Give all of the records again. Match them exactly.

____ Given data

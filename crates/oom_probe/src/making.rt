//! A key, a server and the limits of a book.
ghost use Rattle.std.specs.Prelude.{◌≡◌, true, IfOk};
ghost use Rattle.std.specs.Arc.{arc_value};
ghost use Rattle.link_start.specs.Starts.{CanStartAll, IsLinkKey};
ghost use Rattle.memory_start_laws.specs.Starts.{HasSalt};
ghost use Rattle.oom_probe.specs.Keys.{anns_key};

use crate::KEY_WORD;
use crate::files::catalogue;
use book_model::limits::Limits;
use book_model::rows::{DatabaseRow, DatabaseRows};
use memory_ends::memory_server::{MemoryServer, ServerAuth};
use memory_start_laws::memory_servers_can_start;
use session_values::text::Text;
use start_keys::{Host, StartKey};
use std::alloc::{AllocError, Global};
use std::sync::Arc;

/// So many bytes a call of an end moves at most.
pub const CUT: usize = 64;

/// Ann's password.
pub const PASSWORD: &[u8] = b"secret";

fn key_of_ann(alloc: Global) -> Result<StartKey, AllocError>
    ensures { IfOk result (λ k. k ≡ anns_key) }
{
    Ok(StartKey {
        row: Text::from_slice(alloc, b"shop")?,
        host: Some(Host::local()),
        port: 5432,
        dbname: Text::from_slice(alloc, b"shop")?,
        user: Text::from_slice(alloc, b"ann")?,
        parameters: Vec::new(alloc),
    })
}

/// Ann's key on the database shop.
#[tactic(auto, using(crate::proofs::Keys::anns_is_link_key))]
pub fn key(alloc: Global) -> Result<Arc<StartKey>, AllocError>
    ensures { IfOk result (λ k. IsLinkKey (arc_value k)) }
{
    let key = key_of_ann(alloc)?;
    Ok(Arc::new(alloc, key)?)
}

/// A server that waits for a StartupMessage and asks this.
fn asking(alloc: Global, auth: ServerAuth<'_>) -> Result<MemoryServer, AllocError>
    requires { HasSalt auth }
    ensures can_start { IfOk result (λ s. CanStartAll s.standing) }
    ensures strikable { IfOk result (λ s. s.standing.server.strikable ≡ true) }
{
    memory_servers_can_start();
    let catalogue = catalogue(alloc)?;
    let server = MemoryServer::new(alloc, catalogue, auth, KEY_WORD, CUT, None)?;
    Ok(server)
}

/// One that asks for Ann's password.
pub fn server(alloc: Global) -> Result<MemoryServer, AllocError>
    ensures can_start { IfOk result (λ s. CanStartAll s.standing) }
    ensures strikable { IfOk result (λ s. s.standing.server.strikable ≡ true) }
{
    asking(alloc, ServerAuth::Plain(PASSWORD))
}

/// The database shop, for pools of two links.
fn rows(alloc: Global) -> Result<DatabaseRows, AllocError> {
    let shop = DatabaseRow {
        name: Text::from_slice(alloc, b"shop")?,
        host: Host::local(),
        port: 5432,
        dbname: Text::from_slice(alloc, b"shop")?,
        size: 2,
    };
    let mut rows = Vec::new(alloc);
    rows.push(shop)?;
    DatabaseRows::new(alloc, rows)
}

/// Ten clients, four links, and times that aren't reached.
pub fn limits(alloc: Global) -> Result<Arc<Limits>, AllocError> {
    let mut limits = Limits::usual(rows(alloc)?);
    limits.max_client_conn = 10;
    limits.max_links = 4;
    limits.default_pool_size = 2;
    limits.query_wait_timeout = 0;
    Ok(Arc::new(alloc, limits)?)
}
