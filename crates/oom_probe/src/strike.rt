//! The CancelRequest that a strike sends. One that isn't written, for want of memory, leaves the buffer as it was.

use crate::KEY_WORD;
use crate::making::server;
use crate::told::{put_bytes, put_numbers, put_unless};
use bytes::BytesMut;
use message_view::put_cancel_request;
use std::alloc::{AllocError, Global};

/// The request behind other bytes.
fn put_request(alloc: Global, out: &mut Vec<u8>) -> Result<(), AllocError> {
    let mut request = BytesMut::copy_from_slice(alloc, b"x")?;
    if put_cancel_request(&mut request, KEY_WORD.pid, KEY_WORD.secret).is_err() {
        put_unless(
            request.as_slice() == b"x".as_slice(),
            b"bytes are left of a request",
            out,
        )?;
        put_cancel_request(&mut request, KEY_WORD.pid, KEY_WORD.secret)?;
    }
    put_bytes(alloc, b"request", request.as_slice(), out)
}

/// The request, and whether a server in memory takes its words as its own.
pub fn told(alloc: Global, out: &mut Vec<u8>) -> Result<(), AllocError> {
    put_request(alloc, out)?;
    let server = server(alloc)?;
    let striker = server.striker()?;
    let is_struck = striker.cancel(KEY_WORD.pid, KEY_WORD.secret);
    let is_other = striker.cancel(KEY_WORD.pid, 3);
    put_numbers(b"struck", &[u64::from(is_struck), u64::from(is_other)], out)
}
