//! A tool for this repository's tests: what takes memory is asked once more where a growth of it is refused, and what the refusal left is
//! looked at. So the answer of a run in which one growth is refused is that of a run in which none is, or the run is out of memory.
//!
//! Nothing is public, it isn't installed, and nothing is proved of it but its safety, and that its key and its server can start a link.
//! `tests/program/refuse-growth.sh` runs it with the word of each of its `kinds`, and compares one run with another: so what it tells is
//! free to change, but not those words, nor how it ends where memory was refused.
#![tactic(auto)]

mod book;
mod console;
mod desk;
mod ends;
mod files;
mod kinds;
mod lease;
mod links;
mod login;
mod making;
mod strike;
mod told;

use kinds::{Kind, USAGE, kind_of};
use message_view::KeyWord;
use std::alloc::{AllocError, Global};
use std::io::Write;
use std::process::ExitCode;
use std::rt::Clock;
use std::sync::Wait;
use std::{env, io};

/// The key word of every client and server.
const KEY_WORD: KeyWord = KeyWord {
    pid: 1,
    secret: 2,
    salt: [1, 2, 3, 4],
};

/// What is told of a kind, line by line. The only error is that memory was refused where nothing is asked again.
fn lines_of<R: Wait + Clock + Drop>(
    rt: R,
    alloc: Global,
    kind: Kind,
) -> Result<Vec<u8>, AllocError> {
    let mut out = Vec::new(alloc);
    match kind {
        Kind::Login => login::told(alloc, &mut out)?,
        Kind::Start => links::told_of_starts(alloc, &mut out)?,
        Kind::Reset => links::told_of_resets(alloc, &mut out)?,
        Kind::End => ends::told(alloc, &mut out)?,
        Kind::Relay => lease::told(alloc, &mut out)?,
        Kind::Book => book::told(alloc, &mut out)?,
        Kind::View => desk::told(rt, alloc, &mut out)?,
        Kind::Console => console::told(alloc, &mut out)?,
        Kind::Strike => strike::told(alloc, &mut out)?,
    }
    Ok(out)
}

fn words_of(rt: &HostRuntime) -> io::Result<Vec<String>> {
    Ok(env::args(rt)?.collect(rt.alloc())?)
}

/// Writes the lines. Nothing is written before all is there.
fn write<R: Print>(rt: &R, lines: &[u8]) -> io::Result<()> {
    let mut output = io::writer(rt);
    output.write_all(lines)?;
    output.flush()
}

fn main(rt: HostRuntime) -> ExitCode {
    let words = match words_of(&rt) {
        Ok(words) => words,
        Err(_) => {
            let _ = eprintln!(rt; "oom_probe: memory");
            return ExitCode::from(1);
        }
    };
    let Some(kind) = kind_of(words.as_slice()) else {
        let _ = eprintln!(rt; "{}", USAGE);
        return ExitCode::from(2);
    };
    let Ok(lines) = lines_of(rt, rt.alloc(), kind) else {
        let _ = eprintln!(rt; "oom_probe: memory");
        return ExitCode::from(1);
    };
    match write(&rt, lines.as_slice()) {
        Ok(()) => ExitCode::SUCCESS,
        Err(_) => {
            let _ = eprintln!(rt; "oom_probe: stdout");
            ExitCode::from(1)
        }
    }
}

________

**Output below**:
filename crates/oom_probe/src/making.rt
//! A key, a server and the limits of a book.
ghost use Rattle.std.specs.Prelude.{◌≡◌, true, IfOk};
ghost use Rattle.std.specs.Arc.{arc_value};
ghost use Rattle.link_start.specs.Starts.{CanStartAll, IsLinkKey};
ghost use Rattle.memory_start_laws.specs.Starts.{HasSalt};
ghost use Rattle.oom_probe.specs.Keys.{anns_key};

use crate::KEY_WORD;
use crate::files::catalogue;
use book_model::limits::Limits;
use book_model::rows::{DatabaseRow, DatabaseRows};
use memory_ends::memory_server::{MemoryServer, ServerAuth};
use memory_start_laws::memory_servers_can_start;
use session_values::text::Text;
use start_keys::{Host, StartKey};
use std::alloc::{AllocError, Global};
use std::sync::Arc;

/// So many bytes a call of an end moves at most.
pub const CUT: usize = 64;

/// Ann's password.
pub const PASSWORD: &[u8] = b"secret";

fn key_of_ann(alloc: Global) -> Result<StartKey, AllocError>
    ensures { IfOk result (λ k. k ≡ anns_key) }
{
    Ok(StartKey {
        row: Text::from_slice(alloc, b"shop")?,
        host: Some(Host::local()),
        port: 5432,
        dbname: Text::from_slice(alloc, b"shop")?,
        user: Text::from_slice(alloc, b"ann")?,
        parameters: Vec::new(alloc),
    })
}

/// Ann's key on the database shop.
#[tactic(auto, using(crate::proofs::Keys::anns_is_link_key))]
pub fn key(alloc: Global) -> Result<Arc<StartKey>, AllocError>
    ensures { IfOk result (λ k. IsLinkKey (arc_value k)) }
{
    let key = key_of_ann(alloc)?;
    Ok(Arc::new(alloc, key)?)
}

/// A server that waits for a StartupMessage and asks this.
fn asking(alloc: Global, auth: ServerAuth<'_>) -> Result<MemoryServer, AllocError>
    requires { HasSalt auth }
    ensures can_start { IfOk result (λ s. CanStartAll s.standing) }
    ensures strikable { IfOk result (λ s. s.standing.server.strikable ≡ true) }
{
    memory_servers_can_start();
    let catalogue = catalogue(alloc)?;
    let server = MemoryServer::new(alloc, catalogue, auth, KEY_WORD, CUT, None)?;
    Ok(server)
}

/// One that asks for Ann's password.
pub fn server(alloc: Global) -> Result<MemoryServer, AllocError>
    ensures can_start { IfOk result (λ s. CanStartAll s.standing) }
    ensures strikable { IfOk result (λ s. s.standing.server.strikable ≡ true) }
{
    asking(alloc, ServerAuth::Plain(PASSWORD))
}

/// The database shop, for pools of two links.
fn rows(alloc: Global) -> Result<DatabaseRows, AllocError> {
    let shop = DatabaseRow {
        name: Text::from_slice(alloc, b"shop")?,
        host: Host::local(),
        port: 5432,
        dbname: Text::from_slice(alloc, b"shop")?,
        size: 2,
    };
    let mut rows = Vec::new(alloc);
    rows.push(shop)?;
    DatabaseRows::new(alloc, rows)
}

/// Ten clients, four links, and times that aren't reached.
pub fn limits(alloc: Global) -> Result<Arc<Limits>, AllocError> {
    let mut limits = Limits::usual(rows(alloc)?);
    limits.max_client_conn = 10;
    limits.max_links = 4;
    limits.default_pool_size = 2;
    limits.query_wait_timeout = 0;
    Ok(Arc::new(alloc, limits)?)
}
filename crates/oom_probe/src/strike.rt
//! The CancelRequest that a strike sends. One that isn't written, for want of memory, leaves the buffer as it was.

use crate::KEY_WORD;
use crate::making::server;
use crate::told::{put_bytes, put_numbers, put_unless};
use bytes::BytesMut;
use message_view::put_cancel_request;
use std::alloc::{AllocError, Global};

/// The request behind other bytes.
fn put_request(alloc: Global, out: &mut Vec<u8>) -> Result<(), AllocError> {
    let mut request = BytesMut::copy_from_slice(alloc, b"x")?;
    if put_cancel_request(&mut request, KEY_WORD.pid, KEY_WORD.secret).is_err() {
        put_unless(
            request.as_slice() == b"x".as_slice(),
            b"bytes are left of a request",
            out,
        )?;
        put_cancel_request(&mut request, KEY_WORD.pid, KEY_WORD.secret)?;
    }
    put_bytes(alloc, b"request", request.as_slice(), out)
}

/// The request, and whether a server in memory takes its words as its own.
pub fn told(alloc: Global, out: &mut Vec<u8>) -> Result<(), AllocError> {
    put_request(alloc, out)?;
    let server = server(alloc)?;
    let striker = server.striker()?;
    let is_struck = striker.cancel(KEY_WORD.pid, KEY_WORD.secret);
    let is_other = striker.cancel(KEY_WORD.pid, 3);
    put_numbers(b"struck", &[u64::from(is_struck), u64::from(is_other)], out)
}
//! A tool for this repository's tests: what takes memory is asked once more where a growth of it is refused, and what the refusal left is
//! looked at. So the answer of a run in which one growth is refused is that of a run in which none is, or the run is out of memory.
//!
//! Nothing is public, it isn't installed, and nothing is proved of it but its safety, and that its key and its server can start a link.
//! `tests/program/refuse-growth.sh` runs it with the word of each of its `kinds`, and compares one run with another: so what it tells is
//! free to change, but not those words, nor how it ends where memory was refused.
#![tactic(auto)]

mod book;
mod console;
mod desk;
mod ends;
mod files;
mod kinds;
mod lease;
mod links;
mod login;
mod making;
mod strike;
mod told;

use kinds::{Kind, USAGE, kind_of};
use message_view::KeyWord;
use std::alloc::{AllocError, Global};
use std::io::Write;
use std::process::ExitCode;
use std::rt::Clock;
use std::sync::Wait;
use std::{env, io};

/// The key word of every client and server.
const KEY_WORD: KeyWord = KeyWord {
    pid: 1,
    secret: 2,
    salt: [1, 2, 3, 4],
};

/// What is told of a kind, line by line. The only error is that memory was refused where nothing is asked again.
fn lines_of<R: Wait + Clock + Drop>(
    rt: R,
    alloc: Global,
    kind: Kind,
) -> Result<Vec<u8>, AllocError> {
    let mut out = Vec::new(alloc);
    match kind {
        Kind::Login => login::told(alloc, &mut out)?,
        Kind::Start => links::told_of_starts(alloc, &mut out)?,
        Kind::Reset => links::told_of_resets(alloc, &mut out)?,
        Kind::End => ends::told(alloc, &mut out)?,
        Kind::Relay => lease::told(alloc, &mut out)?,
        Kind::Book => book::told(alloc, &mut out)?,
        Kind::View => desk::told(rt, alloc, &mut out)?,
        Kind::Console => console::told(alloc, &mut out)?,
        Kind::Strike => strike::told(alloc, &mut out)?,
    }
    Ok(out)
}

fn words_of(rt: &HostRuntime) -> io::Result<Vec<String>> {
    Ok(env::args(rt)?.collect(rt.alloc())?)
}

/// Writes the lines. Nothing is written before all is there.
fn write<R: Print>(rt: &R, lines: &[u8]) -> io::Result<()> {
    let mut output = io::writer(rt);
    output.write_all(lines)?;
    output.flush()
}

fn main(rt: HostRuntime) -> ExitCode {
    let words = match words_of(&rt) {
        Ok(words) => words,
        Err(_) => {
            let _ = eprintln!(rt; "oom_probe: memory");
            return ExitCode::from(1);
        }
    };
    let Some(kind) = kind_of(words.as_slice()) else {
        let _ = eprintln!(rt; "{}", USAGE);
        return ExitCode::from(2);
    };
    let Ok(lines) = lines_of(rt, rt.alloc(), kind) else {
        let _ = eprintln!(rt; "oom_probe: memory");
        return ExitCode::from(1);
    };
    match write(&rt, lines.as_slice()) {
        Ok(()) => ExitCode::SUCCESS,
        Err(_) => {
            let _ = eprintln!(rt; "oom_probe: stdout");
            ExitCode::from(1)
        }
    }
}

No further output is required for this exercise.